您可以使用 join 在同一行中获取重叠对:
select o.*, o2.*
from operation o join
operation o2
on o2.theatreNo = o.theatreNo and
o2.startDateTime < o.startDateTime + o.duration and
o2.startDateTime + o2.duration > o.startDateTime and
(o2.startDateTime <> o.startDateTime or
o2.duration <> o.duration
);
如果您想总结重叠部分,逻辑会变得更加困难。问题是多个时间段可能会重叠。

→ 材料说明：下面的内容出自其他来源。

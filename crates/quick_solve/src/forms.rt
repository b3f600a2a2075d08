// Values in the place of the parameters of a form.
ghost use Rattle.std.specs.Prelude.{◌≡◌, ◌<◌, ◌+◌, ◌++◌, [], ◌∷◌, IfOk, OnOk, length};
ghost use Rattle.affine_forms.specs.Answers.{Answers, AnswersInPlace};
ghost use Rattle.affine_forms.specs.Assigned.{ReachTo, assigned};
ghost use Rattle.affine_forms.specs.Forms.{IsForm};
ghost use Rattle.affine_forms.specs.Steps.{evaluated_at, with_constant};
ghost use Rattle.parameter_laws.specs.Putting.{decision_terms, parameter_terms, put_in};
ghost use Rattle.quick_solve.specs.Inner.{product_added, with_term};

use affine_forms::{Form, FormStop};
use frac128::{Frac, Wide};
use memory::Memory;
use std::alloc::Global;

// A coefficient times a value, added to a number.
fn add_product(total: Frac, coefficient: Frac, value: Frac) -> Result<Frac, Wide>
    ensures { AnswersInPlace (product_added total coefficient value) result }
{
    let product = coefficient.mul(value)?;
    total.add(product)
}

// The constant with a term put in, where it is that of a parameter.
fn with_term(
    constant: Frac,
    term: (u16, Frac),
    decisions: u16,
    values: &[Frac],
) -> Result<Frac, Wide>
    requires { term.0 < decisions + length values.now }
    ensures { AnswersInPlace (with_term decisions (assigned values.now) constant term) result }
{
    if term.0 >= decisions {
        return add_product(constant, term.1, values[(term.0 - decisions) as usize]);
    }
    Ok(constant)
}

// The constant with the values put in: each product is added when it is made.
fn constant_at(
    base: Frac,
    terms: &[(u16, Frac)],
    decisions: u16,
    values: &[Frac],
) -> Result<Frac, Wide>
    requires { ReachTo terms.now (decisions + length values.now) }
    ensures { AnswersInPlace (evaluated_at (assigned values.now)
        (with_constant base (parameter_terms decisions terms.now))) result }
{
    let mut constant = base;
    for term in terms {
        constant = with_term(constant, *term, decisions, values)?;
    }
    Ok(constant)
}

// Puts a term behind those of the form.
fn put_behind(alloc: Global, form: &mut Form, term: (u16, Frac)) -> Result<(), Memory>
    requires { IsForm (with_constant form.old.constant (form.old.terms ++ term ∷ [])) }
    ensures { OnOk result
        (form.new ≡ with_constant form.old.constant (form.old.terms ++ term ∷ [])) }
{
    let _base = form.base().num();
    let _coefficient = term.1.num();
    match form.add_product(term.1, &Form::decision(alloc, term.0)) {
        Ok(()) => Ok(()),
        Err(FormStop::Memory) => Err(Memory),
        Err(FormStop::Wide) => unreachable!(),
    }
}

// Puts a term behind those of the form, where it is that of a decision.
fn put_term(alloc: Global, form: &mut Form, term: (u16, Frac), decisions: u16) -> Result<(), Memory>
    requires { IsForm (with_constant form.old.constant
        (form.old.terms ++ decision_terms decisions (term ∷ []))) }
    ensures { OnOk result (form.new ≡ with_constant form.old.constant
        (form.old.terms ++ decision_terms decisions (term ∷ []))) }
{
    if term.0 < decisions {
        return put_behind(alloc, form, term);
    }
    Ok(())
}

// The terms of the decisions, behind a constant.
fn decisions_left(
    alloc: Global,
    constant: Frac,
    terms: &[(u16, Frac)],
    decisions: u16,
) -> Result<Form, Memory>
    requires { IsForm (with_constant constant terms.now) }
    ensures { IfOk result (λ left. left ≡ with_constant constant
        (decision_terms decisions terms.now)) }
{
    let mut left = Form::constant(alloc, constant);
    for term in terms {
        put_term(alloc, &mut left, *term, decisions)?;
    }
    Ok(left)
}

/// The form over the first decisions alone, with values in the place of the parameters behind them: from the constant, each product
/// is added when it is made.
pub(crate) fn put_in(
    alloc: Global,
    form: &Form,
    decisions: u16,
    values: &[Frac],
) -> Result<Form, FormStop>
    requires { ReachTo form.now.terms (decisions + length values.now) }
    ensures { Answers (put_in decisions (assigned values.now) form.now) result }
{
    let constant = constant_at(form.base(), form.terms(), decisions, values)?;
    Ok(decisions_left(alloc, constant, form.terms(), decisions)?)
}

您可以在同一行中获得任何一对 - 但该对可能与另一对重叠,因此会有冗余。
您可以使用ADDTIME()查找manual here。
在手册中,您还会找到 DATE() 和 TIME()
SELECT o1.theatreNo as roomNo,
DATE(o1.startDateTime) as startDateTime,
TIME(o1.startDateTime) as firstOp,
TIME(o2.startDateTime) as secondOp
FROM operation o1
JOIN operation o2 ON o1.theatreNo = o2.theatreNo
WHERE o1.startDateTime < ADDTIME(o2.startDateTime,o2.duration)
AND ADDTIME(o1.startDateTime,o1.duration) > o2.startDateTime
AND o1.startDateTime < o2.startDateTime;
可以有N个重叠。
因此,如果您期望我们可以在考虑 N 种可能性的概率的情况下创建一些查询,其中 0<=N<=M(N = 重叠数,M = 案例数),那么对于下面给出的输入案例,结果将多次显示相同的 "roomNo" 或 "theatreNo"。

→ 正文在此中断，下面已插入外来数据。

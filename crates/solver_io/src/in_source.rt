// The source over standard input. It tells no content.
ghost use Rattle.std.specs.Prelude.{◌≡◌, ◌<◌, length};
ghost use Rattle.std.specs.Io.{ReadsAtMost};
ghost use Rattle.solver_io.specs.Causes.{HasCause};
ghost use Rattle.solver_io.specs.Memory.{count_after};

use crate::{Failed, Source};
use std::io::Read;
use std::marker::Model;
use std::rt::Runtime;

/// Standard input. Contracts see its count of the runtime's errors.
#[derive(Drop)]
pub struct InSource<R: Runtime> {
    rt: R,
    faults: u64,
}

impl<R: Runtime> Model for InSource<R> {
    ghost use Rattle.std.specs.Prelude.{ℕ};

    ghost Value = { ℕ };

    ghost view = { λ s. s.faults };
}

impl<R: Runtime> InSource<R> {
    pub fn new(rt: R) -> InSource<R>
        ensures { result ≡ 0 }
    {
        InSource { rt, faults: 0 }
    }
}

impl<R: Runtime> Source for InSource<R> {
    ghost use Rattle.std.specs.Prelude.{None};

    ghost left = { λ _. None };

    ghost faults = { λ s. s };

    fn read(&mut self, into: &mut [u8]) -> Result<usize, Failed>
        requires { 0 < length into.old }
        ensures bound { ReadsAtMost result into.new }
        ensures cause { HasCause self.old self.new result }
        ensures counted { self.new ≡ count_after self.old result }
    {
        let Ok(count) = self.rt.reader().read(into) else {
            self.faults = self.faults.saturating_add(1);
            return Err(Failed);
        };
        Ok(count)
    }
}
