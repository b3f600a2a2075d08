//! Quick models: linear models for values of parameters, whose forms are found once.
#![tactic(auto)]

mod forms;
mod putting;
mod quick;
mod stop;

pub use quick::QuickModel;
pub use stop::QuickStop;
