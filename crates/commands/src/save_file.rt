// A file to be written.
ghost use Rattle.std.specs.Prelude.{◌≡◌, option_map};

use cell_refs::SheetId;
use std::marker::Model;

/// A file to be written: that of a sheet, or that of the names, and its bytes.
#[derive(Drop)]
pub struct SaveFile {
    sheet: Option<SheetId>,
    bytes: Vec<u8>,
}

impl Model for SaveFile {
    ghost use Rattle.std.specs.Prelude.{option_map};
    ghost use Rattle.commands.specs.Saved.{SavedFile, saved_code};

    ghost Value = { SavedFile };

    ghost coded = { saved_code };

    ghost view = { λ f. record { sheet = option_map (λ s. s.0) f.sheet; bytes = f.bytes.items } };
}

impl SaveFile {
    pub fn new(sheet: Option<SheetId>, bytes: Vec<u8>) -> SaveFile
        ensures { result ≡ record { sheet = option_map (λ s. s.0) sheet; bytes = bytes.items } }
    {
        SaveFile { sheet, bytes }
    }

    /// The sheet of which this is the file; none for the file of names.
    pub fn sheet(&self) -> Option<SheetId>
        ensures { option_map (λ s. s.0) result ≡ self.now.sheet }
    {
        self.sheet
    }

    pub fn bytes(&self) -> &[u8]
        ensures { result.now ≡ self.now.bytes }
    {
        &self.bytes
    }
}
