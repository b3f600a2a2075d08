// Values put into the objective and into the sides of all rows.
ghost use Rattle.std.specs.Prelude.{◌≡◌, ◌≤◌, ◌+◌, length};
ghost use Rattle.std.specs.List.{AllByRecursion};
ghost use Rattle.std.specs.Result.{result_map_both};
ghost use Rattle.affine_forms.specs.Answers.{Answers};
ghost use Rattle.affine_forms.specs.Assigned.{ReachTo, assigned};
ghost use Rattle.parameter_laws.specs.Statements.{sides_put_in};
ghost use Rattle.quick_solve.specs.Inner.{AreSides, BothReach, IsObjective};

use crate::forms::put_in;
use crate::stop::QuickStop;
use affine_forms::{Form, FormStop};
use frac128::Frac;
use std::alloc::Global;

/// The objective with the values put in.
pub(crate) fn objective_at(
    alloc: Global,
    objective: &Form,
    decisions: u16,
    values: &[Frac],
) -> Result<Form, QuickStop>
    requires { ReachTo objective.now.terms (decisions + length values.now) }
    ensures { IsObjective decisions (assigned values.now) objective.now result }
{
    match put_in(alloc, objective, decisions, values) {
        Ok(left) => Ok(left),
        Err(FormStop::Wide) => Err(QuickStop::WideSet(0)),
        Err(FormStop::Memory) => Err(QuickStop::Memory),
    }
}

// Both sides of a row with the values put in, the left one first.
fn both_at(
    alloc: Global,
    sides: &(Form, Form),
    decisions: u16,
    values: &[Frac],
) -> Result<(Form, Form), FormStop>
    requires { BothReach (decisions + length values.now) sides.now }
    ensures { Answers (sides_put_in decisions (assigned values.now) sides.now) result }
{
    let left = put_in(alloc, &sides.0, decisions, values)?;
    let right = put_in(alloc, &sides.1, decisions, values)?;
    Ok((left, right))
}

/// The sides of all rows with the values put in.
pub(crate) fn sides_at(
    alloc: Global,
    sides: &[(Form, Form)],
    decisions: u16,
    values: &[Frac],
) -> Result<Vec<(Form, Form)>, QuickStop>
    requires few { length sides.now ≤ 256 }
    requires reach { AllByRecursion (BothReach (decisions + length values.now)) sides.now }
    ensures { AreSides decisions (assigned values.now) sides.now
        (result_map_both (λ left. left.items) (λ stop. stop) result) }
{
    let mut left = Vec::new(alloc);
    for (place, row) in sides.iter().enumerate() {
        match both_at(alloc, row, decisions, values) {
            Ok(both) => left.push(both)?,
            Err(FormStop::Wide) => return Err(QuickStop::WideSet(place as u16 + 1)),
            Err(FormStop::Memory) => return Err(QuickStop::Memory),
        }
    }
    Ok(left)
}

+-----------+---------------------+----------+
| theatreNo | startDateTime | duration |
+-----------+---------------------+----------+
| 1 | 2019-05-12 09:30:00 | 04:50:00 |
| 3 | 2019-05-17 15:05:00 | 02:00:00 |
| 3 | 2019-05-17 16:05:00 | 03:00:00 |
| 3 | 2019-05-17 17:05:00 | 03:00:00 |
+-----------+---------------------+----------+
它会给出如下答案
+--------+---------------+----------+----------+
| roomNo | startDateTime | firstOp | secondOp |
+--------+---------------+----------+----------+
| 3 | 2019-05-17 | 15:05:00 | 16:05:00 |
| 3 | 2019-05-17 | 16:05:00 | 17:05:00 |
+--------+---------------+----------+----------+
为避免这种情况,您可以使用以下显示所有重叠的查询
SELECT o1.theatreNo as roomNo,
DATE(o1.startDateTime) as startDateTime,
TIME(o1.startDateTime) as firstOp,
GROUP_CONCAT(TIME(o2.startDateTime)) as allOp
FROM operation o1
JOIN operation o2 ON o1.theatreNo = o2.theatreNo
WHERE o1.startDateTime < ADDTIME(o2.startDateTime,o2.duration)
AND ADDTIME(o1.startDateTime,o1.duration) > o2.startDateTime
AND o1.startDateTime < o2.startDateTime;
这会给你以下结果
+--------+---------------+----------+--------------------+
| roomNo | startDateTime | firstOp | allOp |
+--------+---------------+----------+--------------------+
| 3 | 2019-05-17 | 15:05:00 | 16:05:00, 17:05:00 |
+--------+---------------+----------+--------------------+
我得到这个 table 操作:
+-----------+---------------------+----------+
| theatreNo | startDateTime | duration |
+-----------+---------------------+----------+
| 1 | 2019-05-12 09:30:00 | 04:50:00 |
| 3 | 2019-05-17 15:05:00 | 02:00:00 |
| 3 | 2019-05-17 16:05:00 | 03:00:00 |
+-----------+---------------------+----------+
我想知道我们是否有两个操作重叠的剧院,它应该输出这个:
+--------+---------------+----------+----------+
| roomNo | startDateTime | firstOp | secondOp |
+--------+---------------+----------+----------+
| 3 | 2019-05-17 | 15:05:00 | 16:05:00 |
+--------+---------------+----------+----------+
它是重叠的,因为一个操作从 15:05 开始,持续时间为 2 小时,而同一剧院中的另一个操作从 16:05 开始,但第一个操作尚未完成。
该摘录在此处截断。